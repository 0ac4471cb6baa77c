//! What is told of the packages that are left.

ghost use Rattle.std.specs.Prelude.{◌≡◌, ◌++◌, ◌<◌, IsTrue, OnOk, IfOk};
ghost use Rattle.rpm_exercise.specs.Prelude.{ExerciseQuestion, capability_line, capability_lines, HasKeptRows, IsAskable, packages_in, result_err, summary};

use crate::lines::{capability_name, push_count, push_digest};
use crate::survey::{count_provided, survey};
use rpm_db::Db;
use rpm_effects::Halt;
use rpm_outside::Disk;
use rpm_select::Selection;
use std::alloc::Global;

/// Appends how many packages provide a capability.
fn push_capability<D: Disk>(
    alloc: Global,
    db: &Db,
    disk: &mut D,
    text: &mut Vec<u8>,
    c: u32,
) -> Result<(), Halt>
    requires few { c < 7 }
    requires asked { IsAskable D.Disk disk.old db.now }
    ensures told { IsTrue D.tells → HasKeptRows D.Disk disk.old db.now
        → OnOk result (text.new.items ≡ text.old.items ++ capability_line (packages_in D.Disk disk.old db.now) c) }
    ensures asks { ExerciseQuestion D.Disk disk.old disk.new db.now (result_err result) }
{
    let name = capability_name(alloc, c)?;
    let count = count_provided(alloc, db, disk, &name)?;
    push_count(text, name.as_bytes(), count)?;
    Ok(())
}

/// Appends the lines of the seven capabilities.
fn push_capabilities<D: Disk>(
    alloc: Global,
    db: &Db,
    disk: &mut D,
    text: &mut Vec<u8>,
) -> Result<(), Halt>
    requires asked { IsAskable D.Disk disk.old db.now }
    ensures told { IsTrue D.tells → HasKeptRows D.Disk disk.old db.now
        → OnOk result (text.new.items ≡ text.old.items ++ capability_lines (packages_in D.Disk disk.old db.now)) }
    ensures asks { ExerciseQuestion D.Disk disk.old disk.new db.now (result_err result) }
{
    for c in 0..7u32 {
        push_capability(alloc, db, disk, text, c)?;
    }
    Ok(())
}

/// How many packages are left, how many provide each capability, and the digest of what an export would write.
pub fn summary<D: Disk>(alloc: Global, db: &Db, disk: &mut D) -> Result<Vec<u8>, Halt>
    requires asked { IsAskable D.Disk disk.old db.now }
    ensures told { IsTrue D.tells → HasKeptRows D.Disk disk.old db.now → IfOk result (λ text. text.items ≡ summary (packages_in D.Disk disk.old db.now)) }
    ensures asks { ExerciseQuestion D.Disk disk.old disk.new db.now (result_err result) }
{
    let mut text = Vec::new(alloc);
    let all = survey(alloc, db, disk, &Selection::All)?;
    push_count(&mut text, b"packages", all.count)?;
    push_capabilities(alloc, db, disk, &mut text)?;
    push_digest(alloc, &mut text, &all.digest)?;
    Ok(text)
}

- [TASK REQUIREMENTS]: Your task is to copy every line in the entries that holds the string "many".

- [SOLUTION FOR THIS PROBLEM]:
/// Appends how many packages provide a capability.
/// How many packages are left, how many provide each capability, and the digest of what an export would write.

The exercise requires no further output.